**** RECORDS FOR THE TASK

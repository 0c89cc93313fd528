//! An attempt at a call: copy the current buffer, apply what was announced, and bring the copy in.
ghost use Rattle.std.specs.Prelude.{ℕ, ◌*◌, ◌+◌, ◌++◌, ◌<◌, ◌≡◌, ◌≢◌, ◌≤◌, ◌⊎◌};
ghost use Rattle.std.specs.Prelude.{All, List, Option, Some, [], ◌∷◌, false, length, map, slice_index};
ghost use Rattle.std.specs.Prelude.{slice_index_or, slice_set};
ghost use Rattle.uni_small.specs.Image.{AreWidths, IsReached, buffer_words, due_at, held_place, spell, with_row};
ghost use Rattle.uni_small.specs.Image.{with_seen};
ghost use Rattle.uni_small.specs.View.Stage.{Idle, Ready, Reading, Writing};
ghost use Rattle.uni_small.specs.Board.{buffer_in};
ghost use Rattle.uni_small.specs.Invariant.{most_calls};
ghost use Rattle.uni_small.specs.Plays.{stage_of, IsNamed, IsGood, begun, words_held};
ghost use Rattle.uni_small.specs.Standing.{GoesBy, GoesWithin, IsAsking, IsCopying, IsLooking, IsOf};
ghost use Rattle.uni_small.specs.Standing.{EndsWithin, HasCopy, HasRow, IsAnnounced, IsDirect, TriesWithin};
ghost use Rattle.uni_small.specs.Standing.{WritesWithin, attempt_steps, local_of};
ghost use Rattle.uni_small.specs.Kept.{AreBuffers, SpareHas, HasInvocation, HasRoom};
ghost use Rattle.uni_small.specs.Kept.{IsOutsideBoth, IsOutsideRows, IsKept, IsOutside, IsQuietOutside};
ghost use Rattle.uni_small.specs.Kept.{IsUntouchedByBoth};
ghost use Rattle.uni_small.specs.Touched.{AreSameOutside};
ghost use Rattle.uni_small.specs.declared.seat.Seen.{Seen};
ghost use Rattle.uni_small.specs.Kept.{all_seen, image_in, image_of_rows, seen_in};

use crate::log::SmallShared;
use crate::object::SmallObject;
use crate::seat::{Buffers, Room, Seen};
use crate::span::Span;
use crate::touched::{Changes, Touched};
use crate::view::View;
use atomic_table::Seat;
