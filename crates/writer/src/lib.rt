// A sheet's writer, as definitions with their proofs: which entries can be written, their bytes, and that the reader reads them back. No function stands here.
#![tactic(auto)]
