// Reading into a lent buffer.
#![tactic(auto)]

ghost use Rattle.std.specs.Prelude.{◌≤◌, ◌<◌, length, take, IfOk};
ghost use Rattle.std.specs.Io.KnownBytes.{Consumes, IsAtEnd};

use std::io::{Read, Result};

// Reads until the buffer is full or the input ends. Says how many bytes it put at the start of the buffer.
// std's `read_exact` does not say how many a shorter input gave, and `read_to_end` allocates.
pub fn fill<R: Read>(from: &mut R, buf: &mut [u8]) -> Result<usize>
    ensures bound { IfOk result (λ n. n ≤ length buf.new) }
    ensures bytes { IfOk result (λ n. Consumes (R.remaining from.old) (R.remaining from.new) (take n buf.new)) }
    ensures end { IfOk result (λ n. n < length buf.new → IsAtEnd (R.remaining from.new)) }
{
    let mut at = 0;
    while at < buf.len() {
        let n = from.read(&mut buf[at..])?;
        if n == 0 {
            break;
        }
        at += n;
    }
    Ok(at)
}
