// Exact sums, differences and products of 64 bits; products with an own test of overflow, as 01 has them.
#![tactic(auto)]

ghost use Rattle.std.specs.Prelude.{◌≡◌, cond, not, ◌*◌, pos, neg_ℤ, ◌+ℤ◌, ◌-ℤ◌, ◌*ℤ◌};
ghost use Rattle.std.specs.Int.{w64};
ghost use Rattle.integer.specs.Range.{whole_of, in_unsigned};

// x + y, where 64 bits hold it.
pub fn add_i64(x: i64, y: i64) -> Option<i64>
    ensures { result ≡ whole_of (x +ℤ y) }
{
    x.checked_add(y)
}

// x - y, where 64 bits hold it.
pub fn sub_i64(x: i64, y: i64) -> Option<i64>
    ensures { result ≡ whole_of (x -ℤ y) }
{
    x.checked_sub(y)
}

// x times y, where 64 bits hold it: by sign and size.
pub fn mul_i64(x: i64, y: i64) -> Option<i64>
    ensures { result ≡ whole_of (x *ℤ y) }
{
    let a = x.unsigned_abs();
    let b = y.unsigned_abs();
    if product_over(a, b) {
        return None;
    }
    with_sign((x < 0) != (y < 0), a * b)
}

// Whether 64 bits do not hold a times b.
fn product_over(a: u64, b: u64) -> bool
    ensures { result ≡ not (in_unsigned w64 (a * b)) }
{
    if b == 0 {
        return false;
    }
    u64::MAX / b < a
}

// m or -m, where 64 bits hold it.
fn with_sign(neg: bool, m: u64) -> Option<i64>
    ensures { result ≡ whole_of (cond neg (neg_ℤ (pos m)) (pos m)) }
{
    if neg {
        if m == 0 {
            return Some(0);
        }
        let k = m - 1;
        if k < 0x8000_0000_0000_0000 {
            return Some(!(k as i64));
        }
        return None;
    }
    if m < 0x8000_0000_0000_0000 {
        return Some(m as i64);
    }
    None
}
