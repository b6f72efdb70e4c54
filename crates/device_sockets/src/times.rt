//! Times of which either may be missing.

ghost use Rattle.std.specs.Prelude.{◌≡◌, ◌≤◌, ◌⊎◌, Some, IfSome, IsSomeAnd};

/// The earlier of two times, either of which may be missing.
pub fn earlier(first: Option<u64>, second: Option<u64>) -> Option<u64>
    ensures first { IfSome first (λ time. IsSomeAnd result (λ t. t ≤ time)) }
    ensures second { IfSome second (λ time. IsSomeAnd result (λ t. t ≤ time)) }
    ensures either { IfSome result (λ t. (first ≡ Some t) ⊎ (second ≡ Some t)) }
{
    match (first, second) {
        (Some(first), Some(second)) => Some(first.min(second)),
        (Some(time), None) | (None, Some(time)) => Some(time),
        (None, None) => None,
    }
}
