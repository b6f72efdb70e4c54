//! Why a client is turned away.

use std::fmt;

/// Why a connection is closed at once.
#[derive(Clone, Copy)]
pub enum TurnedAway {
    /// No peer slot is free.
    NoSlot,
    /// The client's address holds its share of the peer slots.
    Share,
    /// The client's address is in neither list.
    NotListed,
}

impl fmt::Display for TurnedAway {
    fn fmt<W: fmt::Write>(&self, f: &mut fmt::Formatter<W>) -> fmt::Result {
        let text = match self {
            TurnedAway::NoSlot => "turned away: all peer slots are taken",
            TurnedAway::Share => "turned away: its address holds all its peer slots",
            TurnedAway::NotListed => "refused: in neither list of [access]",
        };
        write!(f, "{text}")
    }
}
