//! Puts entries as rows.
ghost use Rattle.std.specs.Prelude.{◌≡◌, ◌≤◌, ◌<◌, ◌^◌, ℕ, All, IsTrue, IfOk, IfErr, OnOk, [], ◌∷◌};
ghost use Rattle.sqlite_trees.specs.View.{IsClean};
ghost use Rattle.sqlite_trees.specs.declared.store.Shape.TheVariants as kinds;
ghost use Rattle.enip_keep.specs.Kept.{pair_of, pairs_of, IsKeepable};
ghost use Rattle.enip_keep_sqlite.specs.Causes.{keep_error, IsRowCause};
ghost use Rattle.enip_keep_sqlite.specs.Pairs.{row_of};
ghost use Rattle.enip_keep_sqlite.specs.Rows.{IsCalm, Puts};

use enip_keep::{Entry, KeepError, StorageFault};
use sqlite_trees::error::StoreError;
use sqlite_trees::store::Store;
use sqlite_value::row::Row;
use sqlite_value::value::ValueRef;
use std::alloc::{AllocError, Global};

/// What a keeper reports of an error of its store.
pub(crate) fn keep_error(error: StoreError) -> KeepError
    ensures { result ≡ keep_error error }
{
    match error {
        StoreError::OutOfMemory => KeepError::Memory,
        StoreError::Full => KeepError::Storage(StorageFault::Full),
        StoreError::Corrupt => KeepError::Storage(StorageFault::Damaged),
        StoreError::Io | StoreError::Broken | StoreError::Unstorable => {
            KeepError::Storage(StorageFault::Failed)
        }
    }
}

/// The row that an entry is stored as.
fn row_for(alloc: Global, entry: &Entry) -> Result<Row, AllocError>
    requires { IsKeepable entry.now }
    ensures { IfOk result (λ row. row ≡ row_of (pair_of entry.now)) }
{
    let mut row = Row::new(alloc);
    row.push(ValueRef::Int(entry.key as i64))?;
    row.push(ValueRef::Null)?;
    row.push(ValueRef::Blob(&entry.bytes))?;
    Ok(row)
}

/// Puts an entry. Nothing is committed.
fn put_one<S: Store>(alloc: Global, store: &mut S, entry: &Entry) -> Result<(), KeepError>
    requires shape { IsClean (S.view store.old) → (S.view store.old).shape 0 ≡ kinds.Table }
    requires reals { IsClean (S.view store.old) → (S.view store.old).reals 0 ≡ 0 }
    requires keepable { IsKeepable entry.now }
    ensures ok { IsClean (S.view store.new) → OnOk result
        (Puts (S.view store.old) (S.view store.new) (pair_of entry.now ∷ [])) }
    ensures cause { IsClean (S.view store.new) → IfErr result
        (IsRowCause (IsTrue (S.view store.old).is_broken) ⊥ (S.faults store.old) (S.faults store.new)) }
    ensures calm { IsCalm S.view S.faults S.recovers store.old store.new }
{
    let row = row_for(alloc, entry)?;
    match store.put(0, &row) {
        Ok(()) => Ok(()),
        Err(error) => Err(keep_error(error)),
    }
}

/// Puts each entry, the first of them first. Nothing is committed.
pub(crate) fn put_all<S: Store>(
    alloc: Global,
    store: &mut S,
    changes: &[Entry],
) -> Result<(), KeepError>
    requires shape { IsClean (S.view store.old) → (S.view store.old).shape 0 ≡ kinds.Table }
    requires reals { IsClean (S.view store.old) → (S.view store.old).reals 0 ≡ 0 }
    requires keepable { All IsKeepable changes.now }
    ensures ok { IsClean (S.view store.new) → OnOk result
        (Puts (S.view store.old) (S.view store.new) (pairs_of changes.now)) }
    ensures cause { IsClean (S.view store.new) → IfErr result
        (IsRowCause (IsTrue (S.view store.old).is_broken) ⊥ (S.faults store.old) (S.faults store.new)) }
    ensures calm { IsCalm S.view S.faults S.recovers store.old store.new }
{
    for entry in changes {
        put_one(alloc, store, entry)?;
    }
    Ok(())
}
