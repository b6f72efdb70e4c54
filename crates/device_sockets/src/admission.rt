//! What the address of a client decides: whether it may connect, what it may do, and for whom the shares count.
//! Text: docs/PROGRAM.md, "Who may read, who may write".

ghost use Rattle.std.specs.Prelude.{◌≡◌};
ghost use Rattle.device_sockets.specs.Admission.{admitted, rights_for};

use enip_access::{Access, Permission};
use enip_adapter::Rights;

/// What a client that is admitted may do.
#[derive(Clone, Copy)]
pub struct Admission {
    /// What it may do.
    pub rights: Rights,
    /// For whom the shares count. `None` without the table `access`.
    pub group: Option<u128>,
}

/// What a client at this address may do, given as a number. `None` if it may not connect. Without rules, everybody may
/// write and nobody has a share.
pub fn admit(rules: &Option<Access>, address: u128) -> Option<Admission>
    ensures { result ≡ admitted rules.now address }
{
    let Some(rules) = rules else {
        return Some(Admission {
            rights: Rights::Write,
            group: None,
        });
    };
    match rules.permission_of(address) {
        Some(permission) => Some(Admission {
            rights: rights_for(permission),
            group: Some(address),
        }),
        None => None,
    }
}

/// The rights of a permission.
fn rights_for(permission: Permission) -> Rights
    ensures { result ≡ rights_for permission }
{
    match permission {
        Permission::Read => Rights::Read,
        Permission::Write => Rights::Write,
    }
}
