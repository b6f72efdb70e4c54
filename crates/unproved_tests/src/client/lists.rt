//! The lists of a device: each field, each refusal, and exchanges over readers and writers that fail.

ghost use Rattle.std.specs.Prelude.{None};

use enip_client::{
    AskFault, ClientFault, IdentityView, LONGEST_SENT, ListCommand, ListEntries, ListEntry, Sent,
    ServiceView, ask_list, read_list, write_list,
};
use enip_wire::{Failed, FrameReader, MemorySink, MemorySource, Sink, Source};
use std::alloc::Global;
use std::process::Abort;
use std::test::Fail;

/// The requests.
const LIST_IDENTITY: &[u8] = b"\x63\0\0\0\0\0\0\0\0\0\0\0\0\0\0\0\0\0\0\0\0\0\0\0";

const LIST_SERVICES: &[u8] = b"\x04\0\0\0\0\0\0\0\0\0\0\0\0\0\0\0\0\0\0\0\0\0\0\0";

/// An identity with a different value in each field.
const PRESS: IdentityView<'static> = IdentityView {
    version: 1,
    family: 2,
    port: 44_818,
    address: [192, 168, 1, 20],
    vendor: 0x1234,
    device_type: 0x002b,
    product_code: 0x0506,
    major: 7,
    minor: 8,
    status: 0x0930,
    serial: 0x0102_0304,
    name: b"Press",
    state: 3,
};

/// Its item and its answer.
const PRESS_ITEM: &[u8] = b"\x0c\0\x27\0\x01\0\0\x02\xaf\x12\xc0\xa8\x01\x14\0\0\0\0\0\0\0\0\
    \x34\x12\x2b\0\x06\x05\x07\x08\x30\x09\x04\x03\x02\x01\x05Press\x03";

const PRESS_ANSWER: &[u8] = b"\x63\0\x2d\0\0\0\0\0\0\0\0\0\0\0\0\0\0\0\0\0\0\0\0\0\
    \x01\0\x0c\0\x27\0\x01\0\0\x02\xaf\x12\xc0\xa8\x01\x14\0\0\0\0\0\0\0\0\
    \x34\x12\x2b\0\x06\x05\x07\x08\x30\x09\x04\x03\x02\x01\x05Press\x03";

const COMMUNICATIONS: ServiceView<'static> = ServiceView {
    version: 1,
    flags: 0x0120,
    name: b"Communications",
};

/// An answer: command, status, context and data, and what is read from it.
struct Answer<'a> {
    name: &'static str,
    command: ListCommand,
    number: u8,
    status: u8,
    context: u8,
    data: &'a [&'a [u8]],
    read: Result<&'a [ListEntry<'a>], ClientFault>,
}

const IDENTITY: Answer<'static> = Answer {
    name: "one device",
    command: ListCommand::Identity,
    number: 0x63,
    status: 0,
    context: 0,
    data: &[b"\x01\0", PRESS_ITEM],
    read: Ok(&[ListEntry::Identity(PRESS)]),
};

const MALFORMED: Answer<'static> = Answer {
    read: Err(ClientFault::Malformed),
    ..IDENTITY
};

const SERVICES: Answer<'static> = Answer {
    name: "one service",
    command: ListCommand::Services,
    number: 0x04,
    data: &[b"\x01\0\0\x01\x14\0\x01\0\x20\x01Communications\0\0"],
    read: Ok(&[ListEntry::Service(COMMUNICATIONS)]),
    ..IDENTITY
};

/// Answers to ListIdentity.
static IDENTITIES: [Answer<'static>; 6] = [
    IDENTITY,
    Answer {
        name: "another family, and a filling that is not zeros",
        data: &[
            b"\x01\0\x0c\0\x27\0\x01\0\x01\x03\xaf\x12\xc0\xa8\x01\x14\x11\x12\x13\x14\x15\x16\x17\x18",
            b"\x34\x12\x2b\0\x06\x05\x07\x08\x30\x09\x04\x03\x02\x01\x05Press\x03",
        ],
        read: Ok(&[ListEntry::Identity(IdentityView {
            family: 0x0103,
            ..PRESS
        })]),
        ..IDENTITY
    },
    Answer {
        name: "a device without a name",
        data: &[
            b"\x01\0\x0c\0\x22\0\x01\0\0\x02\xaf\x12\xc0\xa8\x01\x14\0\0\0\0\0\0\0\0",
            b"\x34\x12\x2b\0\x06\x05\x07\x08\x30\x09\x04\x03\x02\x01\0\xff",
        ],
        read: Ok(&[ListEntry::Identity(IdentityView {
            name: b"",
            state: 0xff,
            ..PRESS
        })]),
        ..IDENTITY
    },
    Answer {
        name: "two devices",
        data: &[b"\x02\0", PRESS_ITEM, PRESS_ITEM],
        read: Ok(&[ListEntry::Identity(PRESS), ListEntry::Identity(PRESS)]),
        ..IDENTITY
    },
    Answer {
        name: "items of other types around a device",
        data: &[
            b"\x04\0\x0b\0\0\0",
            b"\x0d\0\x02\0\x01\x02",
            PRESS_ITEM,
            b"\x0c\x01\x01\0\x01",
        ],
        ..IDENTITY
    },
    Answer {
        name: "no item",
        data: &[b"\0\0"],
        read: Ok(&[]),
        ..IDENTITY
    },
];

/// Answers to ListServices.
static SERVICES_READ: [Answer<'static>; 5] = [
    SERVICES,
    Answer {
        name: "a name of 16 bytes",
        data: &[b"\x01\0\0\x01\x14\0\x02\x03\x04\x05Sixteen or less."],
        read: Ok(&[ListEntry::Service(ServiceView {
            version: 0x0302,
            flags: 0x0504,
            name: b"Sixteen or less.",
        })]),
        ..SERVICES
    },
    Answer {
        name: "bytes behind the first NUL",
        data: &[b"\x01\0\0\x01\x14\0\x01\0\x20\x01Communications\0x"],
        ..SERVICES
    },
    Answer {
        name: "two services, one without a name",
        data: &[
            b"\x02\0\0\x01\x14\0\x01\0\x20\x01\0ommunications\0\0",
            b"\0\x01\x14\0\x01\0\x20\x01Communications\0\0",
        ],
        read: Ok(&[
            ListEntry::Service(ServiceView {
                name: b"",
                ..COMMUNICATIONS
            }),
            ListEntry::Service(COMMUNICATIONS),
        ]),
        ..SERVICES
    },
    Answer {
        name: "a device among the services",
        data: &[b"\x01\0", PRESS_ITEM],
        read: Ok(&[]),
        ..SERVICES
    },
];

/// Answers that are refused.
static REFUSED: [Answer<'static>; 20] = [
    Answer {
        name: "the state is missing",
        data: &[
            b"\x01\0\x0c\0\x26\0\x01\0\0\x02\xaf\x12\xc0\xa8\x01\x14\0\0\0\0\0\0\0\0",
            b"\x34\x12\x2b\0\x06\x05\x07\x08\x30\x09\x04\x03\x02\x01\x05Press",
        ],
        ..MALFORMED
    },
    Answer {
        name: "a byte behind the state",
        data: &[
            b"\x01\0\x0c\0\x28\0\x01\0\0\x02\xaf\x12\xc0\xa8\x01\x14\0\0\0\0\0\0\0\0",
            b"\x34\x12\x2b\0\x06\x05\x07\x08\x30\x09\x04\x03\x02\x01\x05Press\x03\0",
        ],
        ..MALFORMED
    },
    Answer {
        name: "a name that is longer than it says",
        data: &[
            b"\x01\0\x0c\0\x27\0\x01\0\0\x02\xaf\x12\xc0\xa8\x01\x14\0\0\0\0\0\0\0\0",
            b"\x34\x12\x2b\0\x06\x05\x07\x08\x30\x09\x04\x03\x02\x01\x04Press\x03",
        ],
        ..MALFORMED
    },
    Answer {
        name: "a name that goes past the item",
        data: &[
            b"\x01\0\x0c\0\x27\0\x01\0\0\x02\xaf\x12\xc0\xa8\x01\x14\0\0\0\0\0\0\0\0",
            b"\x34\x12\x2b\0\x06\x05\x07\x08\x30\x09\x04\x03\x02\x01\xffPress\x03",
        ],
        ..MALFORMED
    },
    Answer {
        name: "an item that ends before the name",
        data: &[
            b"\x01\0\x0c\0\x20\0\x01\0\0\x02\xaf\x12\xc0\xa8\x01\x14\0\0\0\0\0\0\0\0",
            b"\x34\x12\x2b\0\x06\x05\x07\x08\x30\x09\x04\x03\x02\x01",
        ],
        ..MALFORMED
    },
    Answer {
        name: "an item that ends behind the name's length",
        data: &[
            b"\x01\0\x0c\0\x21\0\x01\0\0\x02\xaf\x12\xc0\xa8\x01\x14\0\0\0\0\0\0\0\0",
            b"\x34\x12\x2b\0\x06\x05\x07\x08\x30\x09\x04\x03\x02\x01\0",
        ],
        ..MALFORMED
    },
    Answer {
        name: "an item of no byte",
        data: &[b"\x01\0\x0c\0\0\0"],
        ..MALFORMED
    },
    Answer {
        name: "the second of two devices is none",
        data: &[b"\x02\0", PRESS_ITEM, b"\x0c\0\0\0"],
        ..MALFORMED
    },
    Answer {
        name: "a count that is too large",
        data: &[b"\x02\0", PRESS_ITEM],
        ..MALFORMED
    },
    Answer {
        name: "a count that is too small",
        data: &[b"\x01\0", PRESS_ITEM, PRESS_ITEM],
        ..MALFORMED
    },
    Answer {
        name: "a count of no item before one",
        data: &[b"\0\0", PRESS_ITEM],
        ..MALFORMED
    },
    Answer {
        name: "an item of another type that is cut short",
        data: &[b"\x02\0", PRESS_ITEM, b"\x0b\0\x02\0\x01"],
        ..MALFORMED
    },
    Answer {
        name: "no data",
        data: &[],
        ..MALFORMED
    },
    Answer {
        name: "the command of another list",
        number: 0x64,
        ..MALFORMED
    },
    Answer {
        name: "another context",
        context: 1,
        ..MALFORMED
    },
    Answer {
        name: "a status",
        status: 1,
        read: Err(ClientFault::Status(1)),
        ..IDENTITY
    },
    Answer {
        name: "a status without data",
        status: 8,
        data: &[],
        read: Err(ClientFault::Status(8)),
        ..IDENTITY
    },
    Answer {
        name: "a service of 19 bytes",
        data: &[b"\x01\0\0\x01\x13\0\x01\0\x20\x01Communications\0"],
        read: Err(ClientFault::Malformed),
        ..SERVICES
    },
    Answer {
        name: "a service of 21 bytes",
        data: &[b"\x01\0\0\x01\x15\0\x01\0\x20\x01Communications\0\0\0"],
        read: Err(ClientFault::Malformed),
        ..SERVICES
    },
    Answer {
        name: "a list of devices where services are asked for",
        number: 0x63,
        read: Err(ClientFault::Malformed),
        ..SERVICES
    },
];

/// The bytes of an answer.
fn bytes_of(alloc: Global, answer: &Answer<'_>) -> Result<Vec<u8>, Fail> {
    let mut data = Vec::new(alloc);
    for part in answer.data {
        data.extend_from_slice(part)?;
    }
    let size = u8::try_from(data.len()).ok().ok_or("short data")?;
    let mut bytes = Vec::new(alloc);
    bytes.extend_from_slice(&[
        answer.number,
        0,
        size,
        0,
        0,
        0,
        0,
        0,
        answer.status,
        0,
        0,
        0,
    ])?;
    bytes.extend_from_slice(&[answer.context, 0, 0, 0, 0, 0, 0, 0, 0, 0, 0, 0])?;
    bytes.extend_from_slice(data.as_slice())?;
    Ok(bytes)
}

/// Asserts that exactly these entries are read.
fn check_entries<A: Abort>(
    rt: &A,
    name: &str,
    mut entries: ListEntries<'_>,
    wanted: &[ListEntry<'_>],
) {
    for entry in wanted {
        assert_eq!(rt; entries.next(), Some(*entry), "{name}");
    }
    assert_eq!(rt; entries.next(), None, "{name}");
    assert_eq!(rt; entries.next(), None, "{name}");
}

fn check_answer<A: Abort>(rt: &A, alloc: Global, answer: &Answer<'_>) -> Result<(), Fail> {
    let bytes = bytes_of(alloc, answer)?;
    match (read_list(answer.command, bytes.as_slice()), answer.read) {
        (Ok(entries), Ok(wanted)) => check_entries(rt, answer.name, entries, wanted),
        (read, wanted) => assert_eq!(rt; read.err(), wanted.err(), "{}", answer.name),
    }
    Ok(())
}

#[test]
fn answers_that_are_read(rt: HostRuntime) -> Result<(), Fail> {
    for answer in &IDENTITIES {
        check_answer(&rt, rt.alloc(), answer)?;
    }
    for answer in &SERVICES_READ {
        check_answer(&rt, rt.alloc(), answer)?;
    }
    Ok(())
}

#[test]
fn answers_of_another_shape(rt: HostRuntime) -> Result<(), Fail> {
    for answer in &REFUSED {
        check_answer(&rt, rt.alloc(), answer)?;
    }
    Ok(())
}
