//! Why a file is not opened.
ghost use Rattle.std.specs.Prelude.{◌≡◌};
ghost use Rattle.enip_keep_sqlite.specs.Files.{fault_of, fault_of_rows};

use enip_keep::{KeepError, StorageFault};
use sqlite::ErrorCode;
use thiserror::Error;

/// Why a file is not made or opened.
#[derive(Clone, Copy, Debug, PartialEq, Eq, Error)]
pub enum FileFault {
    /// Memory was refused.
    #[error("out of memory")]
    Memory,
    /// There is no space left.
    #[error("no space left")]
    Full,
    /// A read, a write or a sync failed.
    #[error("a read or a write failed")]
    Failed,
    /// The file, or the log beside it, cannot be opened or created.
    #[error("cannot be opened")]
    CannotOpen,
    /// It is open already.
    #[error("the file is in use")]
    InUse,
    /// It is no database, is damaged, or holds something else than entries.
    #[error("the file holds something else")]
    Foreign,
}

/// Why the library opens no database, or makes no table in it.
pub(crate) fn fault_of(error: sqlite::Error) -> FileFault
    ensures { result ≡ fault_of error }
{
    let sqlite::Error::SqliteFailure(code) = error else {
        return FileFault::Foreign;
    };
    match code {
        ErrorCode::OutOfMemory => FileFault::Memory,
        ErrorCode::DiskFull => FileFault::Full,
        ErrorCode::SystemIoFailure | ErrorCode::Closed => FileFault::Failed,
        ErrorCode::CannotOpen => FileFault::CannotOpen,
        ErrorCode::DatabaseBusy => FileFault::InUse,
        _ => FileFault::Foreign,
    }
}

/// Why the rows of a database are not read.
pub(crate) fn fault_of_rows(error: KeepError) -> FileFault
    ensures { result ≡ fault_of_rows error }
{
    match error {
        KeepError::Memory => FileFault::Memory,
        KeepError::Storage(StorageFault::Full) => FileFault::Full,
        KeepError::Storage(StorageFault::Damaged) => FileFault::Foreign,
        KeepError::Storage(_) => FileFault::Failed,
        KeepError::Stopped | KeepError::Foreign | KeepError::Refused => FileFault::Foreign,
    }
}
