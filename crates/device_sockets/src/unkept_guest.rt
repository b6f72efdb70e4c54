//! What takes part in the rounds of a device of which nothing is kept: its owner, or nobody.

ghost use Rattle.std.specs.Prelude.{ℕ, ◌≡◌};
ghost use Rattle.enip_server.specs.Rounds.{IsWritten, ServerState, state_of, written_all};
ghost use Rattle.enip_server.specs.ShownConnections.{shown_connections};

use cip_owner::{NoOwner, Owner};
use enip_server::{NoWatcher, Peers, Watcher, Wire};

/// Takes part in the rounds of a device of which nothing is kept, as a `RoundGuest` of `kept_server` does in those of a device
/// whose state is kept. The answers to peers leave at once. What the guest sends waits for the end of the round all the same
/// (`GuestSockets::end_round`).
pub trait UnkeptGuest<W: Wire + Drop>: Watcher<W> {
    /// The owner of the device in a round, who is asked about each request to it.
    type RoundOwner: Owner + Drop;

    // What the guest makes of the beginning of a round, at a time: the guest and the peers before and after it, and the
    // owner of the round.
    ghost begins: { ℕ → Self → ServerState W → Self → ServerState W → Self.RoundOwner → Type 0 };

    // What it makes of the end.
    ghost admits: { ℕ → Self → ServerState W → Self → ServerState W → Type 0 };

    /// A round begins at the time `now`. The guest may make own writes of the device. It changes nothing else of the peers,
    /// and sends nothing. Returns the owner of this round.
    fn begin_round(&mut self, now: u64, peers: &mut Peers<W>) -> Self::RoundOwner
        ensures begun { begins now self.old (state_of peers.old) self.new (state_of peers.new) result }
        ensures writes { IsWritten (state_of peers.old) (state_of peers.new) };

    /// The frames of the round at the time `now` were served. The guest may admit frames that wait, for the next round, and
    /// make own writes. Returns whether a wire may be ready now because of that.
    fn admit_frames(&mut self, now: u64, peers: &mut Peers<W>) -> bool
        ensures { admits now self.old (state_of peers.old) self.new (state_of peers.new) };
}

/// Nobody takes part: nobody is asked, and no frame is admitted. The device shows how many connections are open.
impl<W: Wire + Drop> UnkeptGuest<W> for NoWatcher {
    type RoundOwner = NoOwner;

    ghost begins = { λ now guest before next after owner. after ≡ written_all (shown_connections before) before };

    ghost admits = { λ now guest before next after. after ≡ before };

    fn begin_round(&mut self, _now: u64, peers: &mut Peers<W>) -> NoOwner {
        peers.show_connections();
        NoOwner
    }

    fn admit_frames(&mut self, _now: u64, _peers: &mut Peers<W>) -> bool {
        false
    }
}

********

In the records above, copy exactly the lines from the one that contains "fn begin_round(&mut self, now: u64, peers: &mut" through the last, and nothing else.

_TASK RESPONSE_:
    fn begin_round(&mut self, now: u64, peers: &mut Peers<W>) -> Self::RoundOwner
        ensures begun { begins now self.old (state_of peers.old) self.new (state_of peers.new) result }
        ensures writes { IsWritten (state_of peers.old) (state_of peers.new) };

    /// The frames of the round at the time `now` were served. The guest may admit frames that wait, for the next round, and
    /// make own writes. Returns whether a wire may be ready now because of that.
    fn admit_frames(&mut self, now: u64, peers: &mut Peers<W>) -> bool
        ensures { admits now self.old (state_of peers.old) self.new (state_of peers.new) };
}

/// Nobody takes part: nobody is asked, and no frame is admitted. The device shows how many connections are open.
impl<W: Wire + Drop> UnkeptGuest<W> for NoWatcher {
    type RoundOwner = NoOwner;

    ghost begins = { λ now guest before next after owner. after ≡ written_all (shown_connections before) before };

    ghost admits = { λ now guest before next after. after ≡ before };

    fn begin_round(&mut self, _now: u64, peers: &mut Peers<W>) -> NoOwner {
        peers.show_connections();
        NoOwner
    }

    fn admit_frames(&mut self, _now: u64, _peers: &mut Peers<W>) -> bool {
        false
    }
}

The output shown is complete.